- Born: July 4, 1961 Dayton, Ohio, U.S.
- Died: October 28, 2015 (aged 54) Dayton, Ohio, U.S.
- Occupation(s): Television, film actor
- Years active: 1975–1991

= Scott James Wells =

American actor

Scott James Wells (July 4, 1961 – October 28, 2015) was an American actor and model, primarily noted for playing the villain Lex Luthor during the first season of the television series Superboy.

==Early life==
Scott James Wells was born on July 4, 1961, in Dayton, Ohio. He graduated from West Carrollton High School. Sometime afterwards, he moved to L.A, working as an actor, having appeared in Emergency! and Beauty and the Beast, and a model for fitness and fashion magazines. Besides acting on TV he could be seen in print ads for Calvin Klein and billboards for Coppertone. In 1988, he appeared in the music video "Anything For You" by Gloria Estefan.

==Superboy==
In 1988, Wells was cast as Superboy's (arch-) enemy Lex Luthor. Playing a younger version of the famous character, he had four guest appearances on the show. After ratings were disappointing, the show's producer Ilya Salkind decided to change aspects of the series. As a consequence, Wells as well as John Haymes Newton (Superboy) were replaced beginning with Season 2. Sherman Howard was then cast as Lex Luthor. The change in appearance was explained due to Luthor having been scarred by a chemical accident which first caused his hair to fall out, then caused accelerated aging. Luthor then got plastic surgery to rectify the accident as well as become a doppelganger of an industrialist (also played by Sherman Howard), whom he murders to replace him and fool Superboy.

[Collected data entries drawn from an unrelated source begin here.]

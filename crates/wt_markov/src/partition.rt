//! Whether the codes of a partition are valid patterns over a tile set.
ghost use Rattle.std.specs.Prelude.{◌≡◌, ◌<◌, ◌≤◌, None, Some, length, IfOk};
ghost use Rattle.wt_markov.specs.Faults as faults;
ghost use Rattle.wt_markov.specs.Markov as words;
ghost use Rattle.wt_grid.specs.Answers.{GivesUnless};

use crate::MarkovFault;
use crate::pairs::{pairs_along, region};
use wt_grid::Axis;
use wt_tile::{SetRef, Tile};
use wt_torus::{MAX_REGIONS, Partition};

fn tile_fault_at(tiles: &[Tile], p: &Partition, i: usize) -> Option<MarkovFault>
    requires { i < length p.now.regions }
    ensures { result ≡ faults.tile_fault_at tiles.now p.now i }
{
    if usize::from(region(p, i).label) < tiles.len() {
        None
    } else {
        Some(MarkovFault::Tile { region: i })
    }
}

#[tactic(auto, using(wt_grid::proofs::First::first_more))]
fn tile_fault(tiles: &[Tile], p: &Partition) -> Option<MarkovFault>
    ensures { result ≡ faults.tile_fault tiles.now p.now }
{
    for i in 0..p.regions.as_slice().len() {
        if let Some(fault) = tile_fault_at(tiles, p, i) {
            return Some(fault);
        }
    }
    None
}

#[tactic(auto, using(crate::proofs::Faultless::markov_without), unfolding(crate::specs::Faults::markov_fault))]
fn markov_of(tiles: &[Tile], p: &Partition) -> Result<(usize, usize), MarkovFault>
    requires few { length p.now.regions ≤ MAX_REGIONS }
    ensures { GivesUnless result (faults.pair_counts p.now) (faults.markov_fault tiles.now p.now) }
{
    if let Some(fault) = tile_fault(tiles, p) {
        return Err(fault);
    }
    let first = pairs_along(tiles, Axis::One, p)?;
    let second = pairs_along(tiles, Axis::Two, p)?;
    Ok((first, second))
}

/// How many pairs of regions can follow each other along axis 1 and along axis 2, where every label is a tile of
/// the set and the labels of each such pair match; or the first fault. Then every code of the partition is a
/// valid pattern over the set (`codes_are_valid`). Takes no memory. After Labbé, "Markov partitions for toral
/// Z²-rotations featuring Jeandel-Rao Wang shift and model sets".
#[tactic(auto, using(crate::proofs::Faultless::markov_without))]
pub fn markov(set: SetRef<'_>, p: &Partition) -> Result<(usize, usize), MarkovFault>
    requires few { length p.now.regions ≤ MAX_REGIONS }
    ensures exact { GivesUnless result (faults.pair_counts p.now) (faults.markov_fault set.entry.list.now.tiles p.now) }
    ensures holds { IfOk result (λ _. words.Markov set.entry.list.now.tiles p.now) }
{
    markov_of(set.list.tiles.as_slice(), p)
}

In 2006, Salkind explained Wells' absence on the DVD box set of "Superboy: The Complete First Season," due to him being in "rehab,"

==Later life and death==
After his departure from the series in 1989, Scott Wells appeared in The Taking of Beverly Hills (1991). Subsequently to this film he retired from show business, with only one credited position as a stand-in in the movie Indecent Behavior III (1995). In 1998, Wells left Los Angeles to enroll in a drug & alcohol recovery program in Sacramento, CA.

Later in Life, Wells moved back to Dayton, OH.

Wells died on October 28, 2015, in Dayton, Ohio.